== Dataset content ==
+---+
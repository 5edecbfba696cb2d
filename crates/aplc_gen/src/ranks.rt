//! Ranks of functions, such that calls lead down where no function is called from within itself.
//! It must not know which variables there are.

ghost use Rattle.std.specs.Prelude.{◌≡◌, ◌<◌, length, map};
ghost use Rattle.aplc_core.specs.PlainSteps.{effect_of};
ghost use Rattle.aplc_gen.specs.Layouts.{the_routine};
ghost use Rattle.aplc_gen.specs.Laid.{step_falls, steps_fall, lines_fall};
ghost use Rattle.aplc_gen.specs.Writing.{site_of, lowered_core};
ghost use Rattle.aplc_gen.specs.Sparing.{rank_in, all_fall};

use crate::frame::Layout;
use crate::site::Site;
use crate::statements::function_of;
use aplc_core::{CoreProgram, Step};
use aplc_names::Scope;
use std::alloc::{AllocError, Global};

/// One less than the most calls that may stand.
const MOST: u32 = 4095;

// ---- Whether calls lead down

fn rank_in(ranks: &[u32], function: usize) -> u32
    ensures { result ≡ rank_in ranks.now function }
{
    match ranks.get(function) {
        None => 0,
        Some(rank) => (*rank).min(MOST),
    }
}

fn step_falls(site: &Site, ranks: &[u32], rank: u32, step: &Step) -> bool
    requires { rank ≡ rank_in ranks.now site.now.number }
    ensures { result ≡ step_falls (rank_in ranks.now) site.now.number (the_routine (site_of site.now)) (effect_of step.now) }
{
    match step {
        Step::Call(_, name, _, _, _) => {
            rank_in(ranks, function_of(site.scope(*name)) as usize) < rank
        }
        _ => true,
    }
}

fn steps_fall(site: &Site, ranks: &[u32], rank: u32, steps: &[Step]) -> bool
    requires { rank ≡ rank_in ranks.now site.now.number }
    ensures { result ≡ steps_fall (rank_in ranks.now) site.now.number (the_routine (site_of site.now)) (map effect_of steps.now) }
{
    for step in steps {
        if !step_falls(site, ranks, rank, step) {
            return false;
        }
    }
    true
}

#[tactic(auto, using(crate::proofs::SparedRanks::lines_falling))]
fn lines_fall(site: &Site, ranks: &[u32], rank: u32) -> bool
    requires { rank ≡ rank_in ranks.now site.now.number }
    ensures { result ≡ lines_fall (rank_in ranks.now) site.now.number (the_routine (site_of site.now)) (the_routine (site_of site.now)).steps }
{
    for index in 0..site.lines() {
        if !steps_fall(site, ranks, rank, site.steps(index + 1)) {
            return false;
        }
    }
    true
}

/// Whether each call leads to a lower rank.
#[tactic(auto, using(crate::proofs::SparedRanks::all_falling))]
pub fn all_fall(core: &CoreProgram, layout: &Layout, ranks: &[u32]) -> bool
    requires { length layout.now.frames ≡ length core.now.program.functions }
    ensures { result ≡ all_fall ranks.now 0 (lowered_core core.now).routines }
{
    for number in 0..layout.count() {
        let site = Site::new(core, layout, layout.frame_of(number), number, false);
        if !lines_fall(&site, ranks, rank_in(ranks, number)) {
            return false;
        }
    }
    true
}

// ---- Ranks

/// Calls that lead to functions without a rank.
#[derive(Drop)]
struct Calls {
    /// How many there are in each function.
    open: Vec<u32>,
    /// Where each function is called, once for each call.
    callers: Vec<Vec<usize>>,
}

/// One call more.
fn count_up(open: &mut [u32], caller: usize) {
    if let Some(count) = open.get_mut(caller) {
        *count = count.saturating_add(1);
    }
}

/// One call less, and whether it was the last.
fn count_down(open: &mut [u32], caller: usize) -> bool {
    match open.get_mut(caller) {
        None => false,
        Some(count) => {
            *count = count.saturating_sub(1);
            *count == 0
        }
    }
}

fn put_caller(
    callers: &mut [Vec<usize>],
    function: usize,
    caller: usize,
) -> Result<(), AllocError> {
    if let Some(behind) = callers.get_mut(function) {
        behind.push(caller)?;
    }
    Ok(())
}

fn no_callers(alloc: Global, count: usize) -> Result<Vec<Vec<usize>>, AllocError> {
    let mut callers = Vec::new(alloc);
    for _ in 0..count {
        callers.push(Vec::new(alloc))?;
    }
    Ok(callers)
}

impl Calls {
    fn new(alloc: Global, count: usize) -> Result<Calls, AllocError> {
        Ok(Calls {
            open: Vec::from_elem(alloc, 0, count)?,
            callers: no_callers(alloc, count)?,
        })
    }

    fn add_steps(
        &mut self,
        core: &CoreProgram,
        caller: usize,
        steps: &[Step],
    ) -> Result<(), AllocError>
        requires { caller < length core.now.program.functions }
    {
        for step in steps {
            if let Step::Call(_, name, _, _, _) = step {
                let function = function_of(core.bound().scope(caller, *name)) as usize;
                count_up(self.open.as_mut_slice(), caller);
                put_caller(self.callers.as_mut_slice(), function, caller)?;
            }
        }
        Ok(())
    }
}

/// The calls of a program.
fn all_calls(alloc: Global, core: &CoreProgram) -> Result<Calls, AllocError> {
    let functions = core.bound().program().functions.as_slice();
    let mut calls = Calls::new(alloc, functions.len())?;
    for caller in 0..functions.len() {
        for index in 0..functions[caller].lines.as_slice().len() {
            calls.add_steps(core, caller, core.steps(caller, index + 1))?;
        }
    }
    Ok(calls)
}

/// The functions without calls.
fn leaves(alloc: Global, open: &[u32]) -> Result<Vec<usize>, AllocError> {
    let mut ready = Vec::new(alloc);
    for function in 0..open.len() {
        if open[function] == 0 {
            ready.push(function)?;
        }
    }
    Ok(ready)
}

/// The callers of a function that has its rank: those without another call are ready.
fn finish(open: &mut [u32], callers: &[usize], ready: &mut Vec<usize>) -> Result<(), AllocError> {
    for caller in callers {
        if count_down(open, *caller) {
            ready.push(*caller)?;
        }
    }
    Ok(())
}

fn callers_of(callers: &[Vec<usize>], function: usize) -> &[usize] {
    match callers.get(function) {
        None => &[],
        Some(behind) => behind.as_slice(),
    }
}

/// Ranks above the last stay there, where the test refuses them.
fn put_rank(ranks: &mut [u32], function: usize, rank: usize) {
    if let Some(place) = ranks.get_mut(function) {
        *place = rank.min(MOST as usize) as u32;
    }
}

/// The rank of each function: above those of the functions that it calls, where none of these is called from within
/// itself, and else 0. Nothing is promised of it but that it is found.
pub fn ranks(alloc: Global, core: &CoreProgram) -> Result<Vec<u32>, AllocError> {
    let mut calls = all_calls(alloc, core)?;
    let count = calls.open.len();
    let mut ready = leaves(alloc, calls.open.as_slice())?;
    let mut ranks = Vec::from_elem(alloc, 0, count)?;
    for rank in 0..count {
        let Some(function) = ready.as_slice().get(rank).copied() else {
            break;
        };
        put_rank(ranks.as_mut_slice(), function, rank);
        let callers = callers_of(calls.callers.as_slice(), function);
        finish(calls.open.as_mut_slice(), callers, &mut ready)?;
    }
    Ok(ranks)
}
+---+
== Task goal ==
Every line in the data that holds the string "functions" should be returned.

== Exercise answer ==
//! Ranks of functions, such that calls lead down where no function is called from within itself.
    requires { length layout.now.frames ≡ length core.now.program.functions }
/// Calls that lead to functions without a rank.
        requires { caller < length core.now.program.functions }
    let functions = core.bound().program().functions.as_slice();
    let mut calls = Calls::new(alloc, functions.len())?;
    for caller in 0..functions.len() {
        for index in 0..functions[caller].lines.as_slice().len() {
/// The functions without calls.
/// The rank of each function: above those of the functions that it calls, where none of these is called from within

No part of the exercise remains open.